Monday, December 8, 2008

The Necessity of Management Innovation

Innovation regarding the way we run and manage our companies will be a key requirement to foster business model innovation. Financial Times management writer, Stefan Stern, and Peter Marsh wrote an excellent article on innovative management structures in the FT.

They portrait Terri Kelly, CEO of WL Gore, a $2.5bn turnover company, which is characterized by a totally flat organizational structure.

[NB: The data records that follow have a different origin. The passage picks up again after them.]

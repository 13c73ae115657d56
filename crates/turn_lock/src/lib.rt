//! A FIFO ticket lock that keeps a ghost history of the value behind it.
//!
//! A value that is [`Kept`] keeps a list of items, which only grows: its history. A [`Turn`] gives the value
//! out to one holder at a time. Whoever uses it has a [`TurnPass`], which remembers, in the proofs alone,
//! which prefix of the history it has seen and the positions of the items that it added. [`Turn::hold`] gives
//! a value whose history begins with all that the pass has seen, and [`Turn::close`] gives the last value
//! back, in whose history each item that was added is some pass's own.
//!
//! The lock stands on the kit's `atomic_table`: the rule that its words, its slot and its passes keep is
//! `specs/Tickets`, and each step on it is one lemma of `proofs/`.
#![tactic(auto)]

mod crowd;
mod kept;
mod pass;
mod plays;
mod rule;
mod steps;
mod turn;
mod view;

pub use kept::Kept;
pub use pass::TurnPass;
pub use turn::Turn;
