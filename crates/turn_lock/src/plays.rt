//! What each step on the lock's words tells its pass (`specs/Steps`). These types are for the proofs alone.
ghost use Rattle.turn_lock.specs.Steps.{Drew, Looked, Raised, PassedOn, split_left, split_right, joined, spent};

use crate::Kept;
use crate::view::Knows;
use atomic_table::{Join, Play, Split};

pub(crate) struct Draw;

impl<V: Kept> Play<Option<V>, Knows<V::Item>> for Draw {
    ghost then = { Drew };
}

pub(crate) struct Look;

impl<V: Kept> Play<Option<V>, Knows<V::Item>> for Look {
    ghost then = { Looked V.list };
}

pub(crate) struct Raise;

impl<V: Kept> Play<Option<V>, Knows<V::Item>> for Raise {
    ghost then = { Raised V.list };
}

pub(crate) struct PassOn;

impl<V: Kept> Play<Option<V>, Knows<V::Item>> for PassOn {
    ghost then = { PassedOn };
}

// One right goes to a new pass.
pub(crate) struct Cut;

impl<I> Split<Knows<I>> for Cut {
    ghost left = { split_left };

    ghost right = { split_right };
}

// All that the second pass has goes to the first.
pub(crate) struct Glue;

impl<I> Join<Knows<I>> for Glue {
    ghost both = { joined };

    ghost spent = { spent };
}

"Leaders emerge through a democratic process rather than being appointed from the top, and peer appraisal is crucial to both salary levels and career advancement."
Ms Kelly makes a clear case for this type of "democratic management" that would probably steal most traditional managers' sleep. She argues that decisions reached together are pursued much more energetically:

"I think that what you find in a lot of companies is that if there isn’t true support for the decision, it gets undermined along the way. In fact, it may never come to fruition. So on the one hand you’ve made a very quick decision – ‘We’re going to go to China’ – but then you’ve got all kinds of resistance.”

Same goes for business model innovation. The lateral and multi-disciplinary nature of business model innovation projects require the motivation and true buy-in from all parties involved. Top-level support, while necessary, wont be sufficient to succeed.

A must read as to management innovation is Gary Hamel's book "The Future of Management". WL Gore is one of the examples which he explains in-depth. Others are Google, Whole Foods Market and Semco. Good Stuff. Gary Hamel has the merit of being the first "management guru" to raise awareness of this topic at the board level (read the NY Times book review).

Impressively, Gary Hamel, one of the most influentual management thinkers today, didn't just leave it with writing a book. In June this year he gathered 30 leaders in management development, education, consulting, and the CEOs of Whole Foods, Gore, Ideo, Google, and HCL to discuss "the future of management". He mobilized the crème de la crème of management thinking, such as Henry Mintzberg, C.K. Prahalad, Tim Brown, Peter Senge, ... (too many gurus to mention them all). His gathering question was “why can’t we bring as much innovation, adaptation, and engagement to our organizations as we do to our development of products and technologies?”.